Let $(X_t)_{t\ge 0}$ be a stochastic process, and let $Y$ be an integrable random variable, such that $|X_t|\le Y$ for $t\ge0$. Prove that $(X_t)_{t\ge 0}$ is uniformly integrable.
From definition, we have that $(X_t)_{t\ge 0}$ is uniformly integrable if $$\sup_{t\in [0,\infty)}\int_{\{X_t > \epsilon \}} |X_t|d\mathbb{P} \rightarrow 0$$ when $\epsilon\rightarrow \infty$.
I think I can use here Dominated convergence theorem.

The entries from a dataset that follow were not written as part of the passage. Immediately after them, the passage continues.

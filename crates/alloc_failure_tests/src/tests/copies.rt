//! Copies texts, pattern lists, submissions, operations and answers. A copy equals its original. A failed allocation leaves the
//! original unchanged, and the original can then be copied with more capacity.

use super::heap::{Call, check_none, check_rising, narrow, widen};
use super::said::{Wanted, check_answer};
use super::texts::{CHECKED, SMALL};
use super::wrappers::{Asked, bytes, copied_answer, copied_op, list_of, op_of, read, shared_text};
use super::{check_bytes, made};
use bumpalo::Bump;
use covbook::Answer;
use std::process::Abort;
use std::test::*;

fn copies_text(rt: &impl Abort, heap: &Bump, room: usize) -> bool {
    let text = made(rt, bytes(heap, SMALL));
    narrow(rt, heap, room);
    let first = text.copy(heap);
    widen(heap);
    let (copy, is_refused) = match first {
        Ok(copy) => (copy, false),
        Err(_refused) => (made(rt, text.copy(heap)), true),
    };
    check_bytes(rt, copy.get(), SMALL);
    is_refused
}

fn copies_patterns(rt: &impl Abort, heap: &Bump, room: usize) -> bool {
    let list = list_of(rt, heap, &[b"*.c", b"/src/?", b"[a-z]"]);
    narrow(rt, heap, room);
    let first = list.copy(heap);
    widen(heap);
    let (copy, is_refused) = match first {
        Ok(copy) => (copy, false),
        Err(_refused) => (made(rt, list.copy(heap)), true),
    };
    assert_eq!(rt; copy.get().len(), 3);
    assert!(rt; copy.is_same(&list));
    is_refused
}

/// Copies a submission with its sections and their items.
fn copies_submission(rt: &impl Abort, heap: &Bump, room: usize) -> bool {
    let given = made(rt, read(heap, CHECKED));
    narrow(rt, heap, room);
    let first = given.copy(heap);
    widen(heap);
    let (copy, is_refused) = match first {
        Ok(copy) => (copy, false),
        Err(_refused) => (made(rt, given.copy(heap)), true),
    };
    assert_eq!(rt; (copy.items(), copy.odd()), (2, 0));
    assert!(rt; copy.is_same(&given));
    is_refused
}

/// Copies the operation `op_of(asked)`.
fn copies_op(rt: &impl Abort, heap: &Bump, room: usize, asked: Asked<'_>) -> bool {
    let op = op_of(rt, heap, asked);
    narrow(rt, heap, room);
    let first = copied_op(heap, &op);
    widen(heap);
    let (copy, is_refused) = match first {
        Ok(copy) => (copy, false),
        Err(_refused) => (made(rt, copied_op(heap, &op)), true),
    };
    assert!(rt; copy.is_same(&op));
    is_refused
}

/// Copies the answer of a clash. The copy allocates its own path and checksums.
fn copies_clash(rt: &impl Abort, heap: &Bump, room: usize) -> bool {
    let answer = Answer::Clash {
        file: made(rt, bytes(heap, b"/a.c")),
        line: 1,
        held: made(rt, bytes(heap, b"abc")),
        given: made(rt, bytes(heap, b"abd")),
    };
    narrow(rt, heap, room);
    let first = copied_answer(heap, &answer);
    widen(heap);
    let (copy, is_refused) = match first {
        Ok(copy) => (copy, false),
        Err(_refused) => (made(rt, copied_answer(heap, &answer)), true),
    };
    check_answer(rt, &copy, Wanted::Clash);
    is_refused
}

/// Copies a shared text, and an answer with this text. Both copies share the text's bytes, so they allocate nothing.
fn copies_shared(rt: &impl Abort, heap: &Bump, room: usize) -> bool {
    let text = made(rt, bytes(heap, b"two\nlines\n"));
    let text = made(rt, shared_text(heap, text));
    narrow(rt, heap, room);
    let Ok(owner) = text.copy() else {
        return true;
    };
    let answer = Answer::Text(owner);
    let Ok(copy) = copied_answer(heap, &answer) else {
        return true;
    };
    check_answer(rt, &copy, Wanted::Text(b"two\nlines\n"));
    false
}

/// A value that is copied.
#[derive(Clone, Copy)]
pub(super) enum Copied<'a> {
    Text,
    Patterns,
    Submission,
    Op(Asked<'a>),
    Clash,
    SharedText,
}

/// Copies the value with a capacity of `room`, and returns whether an allocation failed.
pub(super) fn is_refused(rt: &impl Abort, heap: &Bump, room: usize, copied: Copied<'_>) -> bool {
    match copied {
        Copied::Text => copies_text(rt, heap, room),
        Copied::Patterns => copies_patterns(rt, heap, room),
        Copied::Submission => copies_submission(rt, heap, room),
        Copied::Op(asked) => copies_op(rt, heap, room, asked),
        Copied::Clash => copies_clash(rt, heap, room),
        Copied::SharedText => copies_shared(rt, heap, room),
    }
}

#[test]
fn copies_that_allocate(rt: HostRuntime) {
    check_rising(
        &rt,
        &[
            Call::Copy(Copied::Text),
            Call::Copy(Copied::Patterns),
            Call::Copy(Copied::Submission),
            Call::Copy(Copied::Op(Asked::Drop(b"t"))),
            Call::Copy(Copied::Op(Asked::Rename(b"t", b"v"))),
            Call::Copy(Copied::Op(Asked::Extract(&[b"*.c", b"*.h"]))),
            Call::Copy(Copied::Op(Asked::Remove(&[b"*.c", b"*.h"]))),
            Call::Copy(Copied::Clash),
        ],
    );
}

#[test]
fn copies_that_share(rt: HostRuntime) {
    check_none(
        &rt,
        &[
            Call::Copy(Copied::Op(Asked::Submit(SMALL))),
            Call::Copy(Copied::Op(Asked::SubmitPacked(SMALL))),
            Call::Copy(Copied::Op(Asked::Report)),
            Call::Copy(Copied::Op(Asked::Summary)),
            Call::Copy(Copied::SharedText),
        ],
    );
}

Define a sequence of functions: $Y_t^{\epsilon}:=X_t \mathbb{1}_{\{X_t > \epsilon \}}$
Because $|X_t|$ is bounded by $Y$ and $Y$ is integrable, we have that $(Y_t^{\epsilon})_{\epsilon} \rightarrow 0$
From Dominated convergence theorem we have that $\int_{\{X_t > \epsilon \}} |X_t|d\mathbb{P} \rightarrow 0$ as $\epsilon \rightarrow \infty$
I'm very doubtful about my solutions, itts probably wrong. Can you explain why and what I should do instead?
The problem is that you showed the result for a fixed $t$, but not that it holds uniformly in $t$.
Hint: note that for each $t$ and $\varepsilon$, the inequality $$|X_t|\mathbb 1_{\{ |X_t|\gt\varepsilon\}} \leqslant Y\mathbb 1_{\{ Y\gt\varepsilon\}} $$ holds. Integrate and conclude by monotone convergence.